DATA UNDER STUDY |
========================================

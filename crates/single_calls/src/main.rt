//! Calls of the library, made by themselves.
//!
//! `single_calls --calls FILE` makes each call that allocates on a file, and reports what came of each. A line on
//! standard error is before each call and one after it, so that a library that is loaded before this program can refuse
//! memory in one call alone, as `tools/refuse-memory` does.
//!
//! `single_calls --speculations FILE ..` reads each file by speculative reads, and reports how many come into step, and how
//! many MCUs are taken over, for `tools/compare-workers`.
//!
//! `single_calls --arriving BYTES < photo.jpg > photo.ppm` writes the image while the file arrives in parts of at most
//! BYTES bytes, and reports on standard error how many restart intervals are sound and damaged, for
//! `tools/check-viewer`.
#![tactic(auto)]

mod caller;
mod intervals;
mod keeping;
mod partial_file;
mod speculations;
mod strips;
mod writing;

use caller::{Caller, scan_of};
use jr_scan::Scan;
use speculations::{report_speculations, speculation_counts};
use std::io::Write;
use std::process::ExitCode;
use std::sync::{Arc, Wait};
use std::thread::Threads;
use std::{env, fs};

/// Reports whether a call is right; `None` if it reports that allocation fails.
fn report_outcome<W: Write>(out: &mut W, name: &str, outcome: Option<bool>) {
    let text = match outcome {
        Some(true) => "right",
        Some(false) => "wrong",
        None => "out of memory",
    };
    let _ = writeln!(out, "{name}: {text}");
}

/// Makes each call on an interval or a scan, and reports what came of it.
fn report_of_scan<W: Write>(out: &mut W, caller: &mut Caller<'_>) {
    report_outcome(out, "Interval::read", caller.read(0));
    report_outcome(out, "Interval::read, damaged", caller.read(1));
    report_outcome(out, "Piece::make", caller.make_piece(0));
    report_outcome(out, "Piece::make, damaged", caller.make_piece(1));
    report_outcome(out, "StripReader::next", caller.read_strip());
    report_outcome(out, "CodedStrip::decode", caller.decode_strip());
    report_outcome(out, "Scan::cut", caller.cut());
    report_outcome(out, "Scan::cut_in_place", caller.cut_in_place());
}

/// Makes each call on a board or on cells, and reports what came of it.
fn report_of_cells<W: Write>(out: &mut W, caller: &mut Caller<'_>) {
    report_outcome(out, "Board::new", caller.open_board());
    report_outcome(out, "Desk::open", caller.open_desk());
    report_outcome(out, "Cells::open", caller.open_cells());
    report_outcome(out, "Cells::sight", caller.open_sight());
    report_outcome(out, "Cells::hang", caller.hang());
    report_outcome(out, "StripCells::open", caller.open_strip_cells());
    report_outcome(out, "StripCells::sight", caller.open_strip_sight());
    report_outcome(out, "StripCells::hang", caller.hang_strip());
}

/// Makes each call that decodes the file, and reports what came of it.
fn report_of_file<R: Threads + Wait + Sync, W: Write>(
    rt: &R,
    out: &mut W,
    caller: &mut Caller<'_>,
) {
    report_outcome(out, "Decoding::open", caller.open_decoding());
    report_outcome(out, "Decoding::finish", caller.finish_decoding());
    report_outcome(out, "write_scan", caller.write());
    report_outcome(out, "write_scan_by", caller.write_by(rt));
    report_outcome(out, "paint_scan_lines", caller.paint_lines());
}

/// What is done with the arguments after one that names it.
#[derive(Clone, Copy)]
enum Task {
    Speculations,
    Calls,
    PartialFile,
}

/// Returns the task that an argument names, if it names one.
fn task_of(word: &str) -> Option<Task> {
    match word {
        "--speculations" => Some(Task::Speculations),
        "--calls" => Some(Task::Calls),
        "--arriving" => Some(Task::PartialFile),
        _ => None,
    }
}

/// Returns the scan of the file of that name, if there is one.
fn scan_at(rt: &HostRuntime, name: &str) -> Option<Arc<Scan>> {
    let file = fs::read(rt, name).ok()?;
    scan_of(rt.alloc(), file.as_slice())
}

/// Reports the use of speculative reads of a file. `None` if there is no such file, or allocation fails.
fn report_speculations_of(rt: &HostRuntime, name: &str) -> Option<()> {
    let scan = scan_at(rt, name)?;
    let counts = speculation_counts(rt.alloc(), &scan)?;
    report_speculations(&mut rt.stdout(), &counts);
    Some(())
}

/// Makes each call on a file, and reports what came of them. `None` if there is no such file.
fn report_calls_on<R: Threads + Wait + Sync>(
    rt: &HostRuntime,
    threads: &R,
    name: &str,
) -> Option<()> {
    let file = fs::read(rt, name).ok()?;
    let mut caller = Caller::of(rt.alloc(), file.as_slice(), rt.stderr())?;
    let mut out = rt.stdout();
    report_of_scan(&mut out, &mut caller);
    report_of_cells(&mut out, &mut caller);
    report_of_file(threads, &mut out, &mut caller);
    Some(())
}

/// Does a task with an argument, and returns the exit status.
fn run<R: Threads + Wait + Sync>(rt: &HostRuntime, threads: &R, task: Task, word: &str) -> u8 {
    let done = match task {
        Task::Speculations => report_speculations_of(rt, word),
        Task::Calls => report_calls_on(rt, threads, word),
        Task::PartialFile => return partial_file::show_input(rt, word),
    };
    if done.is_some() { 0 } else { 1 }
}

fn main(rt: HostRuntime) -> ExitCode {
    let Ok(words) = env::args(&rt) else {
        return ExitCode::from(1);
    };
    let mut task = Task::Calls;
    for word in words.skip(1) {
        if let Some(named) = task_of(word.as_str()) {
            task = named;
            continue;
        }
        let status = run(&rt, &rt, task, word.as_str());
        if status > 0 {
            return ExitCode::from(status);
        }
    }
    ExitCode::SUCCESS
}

========================================

THE PROBLEM |
The material above needs to be copied out in full, exactly as given.

OUTPUT FOR THIS EXERCISE |
filename crates/single_calls/src/main.rt
//! Calls of the library, made by themselves.
//!
//! `single_calls --calls FILE` makes each call that allocates on a file, and reports what came of each. A line on
//! standard error is before each call and one after it, so that a library that is loaded before this program can refuse
//! memory in one call alone, as `tools/refuse-memory` does.
//!
//! `single_calls --speculations FILE ..` reads each file by speculative reads, and reports how many come into step, and how
//! many MCUs are taken over, for `tools/compare-workers`.
//!
//! `single_calls --arriving BYTES < photo.jpg > photo.ppm` writes the image while the file arrives in parts of at most
//! BYTES bytes, and reports on standard error how many restart intervals are sound and damaged, for
//! `tools/check-viewer`.
#![tactic(auto)]

mod caller;
mod intervals;
mod keeping;
mod partial_file;
mod speculations;
mod strips;
mod writing;

use caller::{Caller, scan_of};
use jr_scan::Scan;
use speculations::{report_speculations, speculation_counts};
use std::io::Write;
use std::process::ExitCode;
use std::sync::{Arc, Wait};
use std::thread::Threads;
use std::{env, fs};

/// Reports whether a call is right; `None` if it reports that allocation fails.
fn report_outcome<W: Write>(out: &mut W, name: &str, outcome: Option<bool>) {
    let text = match outcome {
        Some(true) => "right",
        Some(false) => "wrong",
        None => "out of memory",
    };
    let _ = writeln!(out, "{name}: {text}");
}

/// Makes each call on an interval or a scan, and reports what came of it.
fn report_of_scan<W: Write>(out: &mut W, caller: &mut Caller<'_>) {
    report_outcome(out, "Interval::read", caller.read(0));
    report_outcome(out, "Interval::read, damaged", caller.read(1));
    report_outcome(out, "Piece::make", caller.make_piece(0));
    report_outcome(out, "Piece::make, damaged", caller.make_piece(1));
    report_outcome(out, "StripReader::next", caller.read_strip());
    report_outcome(out, "CodedStrip::decode", caller.decode_strip());
    report_outcome(out, "Scan::cut", caller.cut());
    report_outcome(out, "Scan::cut_in_place", caller.cut_in_place());
}

/// Makes each call on a board or on cells, and reports what came of it.
fn report_of_cells<W: Write>(out: &mut W, caller: &mut Caller<'_>) {
    report_outcome(out, "Board::new", caller.open_board());
    report_outcome(out, "Desk::open", caller.open_desk());
    report_outcome(out, "Cells::open", caller.open_cells());
    report_outcome(out, "Cells::sight", caller.open_sight());
    report_outcome(out, "Cells::hang", caller.hang());
    report_outcome(out, "StripCells::open", caller.open_strip_cells());
    report_outcome(out, "StripCells::sight", caller.open_strip_sight());
    report_outcome(out, "StripCells::hang", caller.hang_strip());
}

/// Makes each call that decodes the file, and reports what came of it.
fn report_of_file<R: Threads + Wait + Sync, W: Write>(
    rt: &R,
    out: &mut W,
    caller: &mut Caller<'_>,
) {
    report_outcome(out, "Decoding::open", caller.open_decoding());
    report_outcome(out, "Decoding::finish", caller.finish_decoding());
    report_outcome(out, "write_scan", caller.write());
    report_outcome(out, "write_scan_by", caller.write_by(rt));
    report_outcome(out, "paint_scan_lines", caller.paint_lines());
}

/// What is done with the arguments after one that names it.
#[derive(Clone, Copy)]
enum Task {
    Speculations,
    Calls,
    PartialFile,
}

/// Returns the task that an argument names, if it names one.
fn task_of(word: &str) -> Option<Task> {
    match word {
        "--speculations" => Some(Task::Speculations),
        "--calls" => Some(Task::Calls),
        "--arriving" => Some(Task::PartialFile),
        _ => None,
    }
}

/// Returns the scan of the file of that name, if there is one.
fn scan_at(rt: &HostRuntime, name: &str) -> Option<Arc<Scan>> {
    let file = fs::read(rt, name).ok()?;
    scan_of(rt.alloc(), file.as_slice())
}

/// Reports the use of speculative reads of a file. `None` if there is no such file, or allocation fails.
fn report_speculations_of(rt: &HostRuntime, name: &str) -> Option<()> {
    let scan = scan_at(rt, name)?;
    let counts = speculation_counts(rt.alloc(), &scan)?;
    report_speculations(&mut rt.stdout(), &counts);
    Some(())
}

/// Makes each call on a file, and reports what came of them. `None` if there is no such file.
fn report_calls_on<R: Threads + Wait + Sync>(
    rt: &HostRuntime,
    threads: &R,
    name: &str,
) -> Option<()> {
    let file = fs::read(rt, name).ok()?;
    let mut caller = Caller::of(rt.alloc(), file.as_slice(), rt.stderr())?;
    let mut out = rt.stdout();
    report_of_scan(&mut out, &mut caller);
    report_of_cells(&mut out, &mut caller);
    report_of_file(threads, &mut out, &mut caller);
    Some(())
}

/// Does a task with an argument, and returns the exit status.
fn run<R: Threads + Wait + Sync>(rt: &HostRuntime, threads: &R, task: Task, word: &str) -> u8 {
    let done = match task {
        Task::Speculations => report_speculations_of(rt, word),
        Task::Calls => report_calls_on(rt, threads, word),
        Task::PartialFile => return partial_file::show_input(rt, word),
    };
    if done.is_some() { 0 } else { 1 }
}

fn main(rt: HostRuntime) -> ExitCode {
    let Ok(words) = env::args(&rt) else {
        return ExitCode::from(1);
    };
    let mut task = Task::Calls;
    for word in words.skip(1) {
        if let Some(named) = task_of(word.as_str()) {
            task = named;
            continue;
        }
        let status = run(&rt, &rt, task, word.as_str());
        if status > 0 {
            return ExitCode::from(status);
        }
    }
    ExitCode::SUCCESS
}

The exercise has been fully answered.